A eso se suman otros beneficios: retienen y exportan sedimentos y nutrientes; son hábitat de una impactante biodiversidad, que incluye especies endémicas a esos espacios; son fuente de alimentos, valores culturales e identidad; y aportan a la recreación y el turismo; entre otros.
Ahora bien, todo depende de su estado de salud. Así lo explica el Programa de Naciones Unidas para el Desarrollo (PNUD) Argentina, en un informe de diciembre 2020: “La provisión de estos bienes y servicios ecosistémicos a la sociedad depende del mantenimiento y la funcionalidad integral de los humedales. En caso de alterarse la funcionalidad ecológica, se altera en consecuencia la posibilidad de brindar bienes y servicios de calidad”. Y he aquí el problema al que nos enfrentamos.
Peor que los bosques
Hoy, sólo queda una fracción de los humedales naturales –tanto marinos/costeros como continentales– que había en el planeta. Los números asustan: del año 1700 para acá, desapareció el 87%, con tasas que aumentan a finales del siglo pasado. Entre 1970 y 2015, el declive global fue del 35%, un ratio tres veces más alto que el de pérdida de bosques. En América latina y el Caribe, el daño es todavía peor: 59%.
Del año 1700 para acá, desapareció el 87% de los humedales, con tasas que aumentan a finales del siglo pasado.
Esto tiene su correlato en la biodiversidad, con disminuciones del 81% en las poblaciones de especies de humedales continentales, y del 36% en las de especies costeras y marinas. Y en la calidad del agua, con tendencias en su mayoría negativas.
“Desde la década de 1990, la contaminación del agua ha empeorado en casi todos los ríos de América latina, África y Asia.
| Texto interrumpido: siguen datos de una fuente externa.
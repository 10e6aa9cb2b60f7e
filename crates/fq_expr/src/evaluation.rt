//! The values of an expression over the rows of a batch.
ghost use Rattle.std.specs.Prelude.{◌≡◌, ◌≤◌, map, take, length, IfOk, IsOk, Ok};
ghost use Rattle.fq_column.specs.Frame.{value_named};
ghost use Rattle.fq_column.specs.Lists.{before_missing, first_missing};
ghost use Rattle.fq_column.specs.Schema.{kind_named};
ghost use Rattle.fq_expr.specs.Kinds.{kind_of, unary_kind, binary_kind};
ghost use Rattle.fq_expr.specs.ExpressionData.{expression_of};
ghost use Rattle.fq_expr.specs.Operand.{kind_in_rows, AnyHasRows, cells_in_rows};
ghost use Rattle.fq_expr.specs.Evaluated.{IsOutcome, IsUnaryOutcome, IsBinaryOutcome};
ghost use Rattle.fq_expr.specs.Value.{value_of};

use crate::expressions::{Binary, Expr, Unary};
use crate::kernels::{binary, unary};
use crate::operands::{AnyOperand, Operand, Outcome, borrowed, nulls, owned};
use fq_column::{Batch, Column, Memory};
use std::alloc::Global;

/// The values of an expression in the rows of a batch before the first that faults, and that row.
///
/// Column by column: each operation is one loop; a column that is only read and a literal are not copied.
pub fn eval(alloc: Global, expr: &Expr, batch: &Batch) -> Result<(Column, Option<usize>), Memory>
    requires { IsOk (kind_of batch.now.fields (expression_of expr.now)) }
    ensures kind { IfOk result (λ r. kind_of batch.now.fields (expression_of expr.now) ≡ Ok r.0.kind) }
    ensures values { let values = map (value_of batch.now.fields (expression_of expr.now)) batch.now.rows in
        IfOk result (λ r. r.0.cells ≡ before_missing values) }
    ensures fault { let values = map (value_of batch.now.fields (expression_of expr.now)) batch.now.rows in
        IfOk result (λ r. r.1 ≡ first_missing values) }
{
    let outcome = expr.evaluate(alloc, batch, batch.rows())?;
    let fault = (outcome.rows < batch.rows()).then_some(outcome.rows);
    Ok((outcome.into_column(alloc)?, fault))
}

impl Expr {
    /// The values of the expression in the first `rows` rows of a batch.
    pub(crate) fn evaluate<'a>(
        &'a self,
        alloc: Global,
        batch: &'a Batch,
        rows: usize,
    ) -> Result<Outcome<'a>, Memory>
        requires kind { IsOk (kind_of batch.now.fields (expression_of self.now)) }
        requires rows { rows ≤ length batch.now.rows }
        ensures outcome { IfOk result (IsOutcome batch.now.fields (expression_of self.now) (take rows batch.now.rows)) }
        ensures rows { IfOk result (λ outcome. outcome.rows ≤ rows) }
    {
        match self {
            Expr::Col(name) => Ok(Outcome {
                operand: named(batch, name.as_str()),
                rows,
            }),
            Expr::Null(kind) => Ok(Outcome {
                operand: nulls(*kind),
                rows,
            }),
            Expr::Whole(number) => Ok(Outcome {
                operand: AnyOperand::Whole(Operand::Scalar(Some(number))),
                rows,
            }),
            Expr::Text(text) => Ok(Outcome {
                operand: AnyOperand::Text(Operand::Scalar(Some(text))),
                rows,
            }),
            Expr::Truth(truth) => Ok(Outcome {
                operand: AnyOperand::Truth(Operand::Scalar(Some(truth))),
                rows,
            }),
            Expr::One(op, part) => {
                let part = part.evaluate(alloc, batch, rows)?;
                apply_one(alloc, *op, part)
            }
            Expr::Two(op, left, right) => {
                let left = left.evaluate(alloc, batch, rows)?;
                let right = right.evaluate(alloc, batch, left.rows)?;
                apply_two(alloc, *op, left, right)
            }
        }
    }
}

// An operation on the values of one expression.
fn apply_one<'a>(alloc: Global, op: Unary, part: Outcome<'a>) -> Result<Outcome<'a>, Memory>
    requires has_rows { AnyHasRows part.rows part.operand }
    requires kind { IsOk (unary_kind op (kind_in_rows part.operand)) }
    ensures { IfOk result (IsUnaryOutcome op part.entry) }
{
    Ok(owned(unary(alloc, op, part.rows, &part.operand)?))
}

// An operation on the values of two expressions, in the rows that the right one has.
fn apply_two<'a>(
    alloc: Global,
    op: Binary,
    left: Outcome<'a>,
    right: Outcome<'a>,
) -> Result<Outcome<'a>, Memory>
    requires left_rows { AnyHasRows right.rows left.operand }
    requires right_rows { AnyHasRows right.rows right.operand }
    requires kind { IsOk (binary_kind op (kind_in_rows left.operand) (kind_in_rows right.operand)) }
    ensures { IfOk result (IsBinaryOutcome op left.entry right.entry) }
{
    let values = binary(alloc, op, right.rows, &left.operand, &right.operand)?;
    Ok(owned(values))
}

// The column of a name, with no copy.
fn named<'a>(batch: &'a Batch, name: &str) -> AnyOperand<'a>
    requires { IsOk (kind_named batch.now.fields name.now) }
    ensures kind { kind_named batch.now.fields name.now ≡ Ok (kind_in_rows result) }
    ensures rows { AnyHasRows (length batch.now.rows) result }
    ensures cells { cells_in_rows (length batch.now.rows) result ≡ map (value_named batch.now.fields name.now) batch.now.rows }
{
    match batch.schema().position(name) {
        Some(i) => borrowed(batch.column(i)),
        None => unreachable!(),
    }
}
Se prevé que el deterioro se intensifique a medida que el cambio climático, el desarrollo económico y la expansión e intensificación de la agricultura continúen, generando así crecientes amenazas para la salud humana, los humedales y el desarrollo sostenible”, advierte el Panorama Mundial de los Humedales 2021.
Pero, el riesgo no sólo reside en los humedales que ya no son, sino –como se dijo antes– en aquellos que quedan en pie: estos también están siendo afectados, y de forma creciente, por la contaminación, el drenaje, las especies invasoras, el uso no sostenible, los asentamientos y el cambio climático, entre otros.
Argentina no escapa a esta situación: sólo en 2020, cerca de 350.000 hectáreas de humedales fueron arrasadas, como consecuencia de los incendios que afectaron a más de 1 millón de hectáreas en todo el país –un récord nunca visto desde que se comenzó a compilar la información, en 1999– y fueron especialmente crudos en el Delta del Paraná.
Sólo en 2020, cerca de 350.000 hectáreas de humedales fueron arrasadas, como consecuencia de los incendios que afectaron a más de 1 millón de hectáreas en todo el país.
Nuestros humedales también son amenazados por la megaminería de litio en las salinas del Norte, las construcciones ilegales en las turberas de la Patagonia, los endicamientos y canalizaciones en el Litoral y la región Centro, el avance de la agricultura y ganadería a gran escala y el excesivo uso de agroquímicos en diversas partes del territorio nacional.
Pero son clave la especulación inmobiliaria en la Ciudad de Buenos Aires (donde en 2020 la Legislatura aprobó la creación de un barrio de 71 hectáreas con torres de lujo de hasta 145 metros en la zona de los humedales de la Costanera Sur) y los megabarrios cerrados en la Provincia de Buenos Aires. Factores que afectan tanto el equilibrio dinámico de los humedales, como los bienes y servicios ecosistémicos con los que nos benefician.